** Opening RECORDS SHOWN block **
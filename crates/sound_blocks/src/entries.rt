// The quantities of a series block and the nets of a sender block: a hundred entries of four bytes.
#![tactic(auto, using(layout::proofs::Tests::tests), unfolding(paper::specs::Ranges::quantities_allowed, paper::specs::Ranges::nets_allowed, paper::specs::Layout::net))]

ghost use Rattle.std.specs.Prelude.{◌≡◌, Bool, ℕ, ◌<◌, ◌≤◌, ◌^◌, length};
ghost use Rattle.laws.specs.Tests.{below};
ghost use Rattle.paper.specs.Layout.{quantity};
ghost use Rattle.paper.specs.Ranges.{quantities_allowed, nets_allowed};

use super::ranges::{net_allowed, quantity_allowed};
use field::all_zero;
use layout::{above_n, quantity, whole_quantity};

// Asks of every entry, whatever it finds, so that several go in one step of the machine.
fn all_pass<F: Fn(usize) -> bool>(n: usize, passes: F) -> bool
    requires { (k : ℕ) → k < n → F.pre passes k }
    ensures { (p : ℕ → Bool) → ((k : ℕ) (r : Bool) → k < n → F.post passes k r → r ≡ p k) → result ≡ below p n }
{
    let mut ok = true;
    for k in 0..n {
        ok = ok & passes(k);
    }
    ok
}

// The n entries. A block may end before its last one, and what is missing counts as 0; of a block with all its entries none asks for the block's length.
fn entries_allowed<F: Fn(u32) -> bool>(n: usize, b: &[u8], allowed: F) -> bool
    requires upto { n ≤ 100 }
    requires callable { F.IsAlwaysCallable allowed }
    ensures { (p : ℕ → Bool) → ((q : ℕ) (r : Bool) → q < 2 ^ 32 → F.post allowed q r → r ≡ p q) → result ≡ below (λ k. p (quantity b.now k)) n }
{
    if b.len() < 508 {
        return all_pass(
            n,
            |k|
                requires { (k < 100) × F.IsAlwaysCallable allowed }
            { allowed(quantity(b, k)) },
        );
    }
    all_pass(
        n,
        |k|
            requires { (k < 100) × (508 ≤ length b.now) × F.IsAlwaysCallable allowed }
        { allowed(whole_quantity(b, k)) },
    )
}

pub fn quantities_allowed(n: usize, b: &[u8]) -> bool
    requires { n ≤ 100 }
    ensures { result ≡ quantities_allowed n b.now }
{
    entries_allowed(n, b, quantity_allowed) & all_zero(above_n(n, b))
}

pub fn nets_allowed(n: usize, b: &[u8]) -> bool
    requires { n ≤ 100 }
    ensures { result ≡ nets_allowed n b.now }
{
    entries_allowed(n, b, net_allowed) & all_zero(above_n(n, b))
}
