// What a sound book asks of one block: the ranges of its fields, the day block, a sender block, a series block, a rights block.
#![tactic(auto)]

pub mod areas;
pub mod capacity;
pub mod day;
pub mod entries;
pub mod ranges;
pub mod right;
pub mod sender;
pub mod series;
** Closing RECORDS SHOWN block **
### WORK REQUIRED
Copy, without any change, the lines from the one that contains "pub mod ranges;" to the final line of the entries above.

### REPLY TO THE TASK
pub mod ranges;
pub mod right;
pub mod sender;
pub mod series;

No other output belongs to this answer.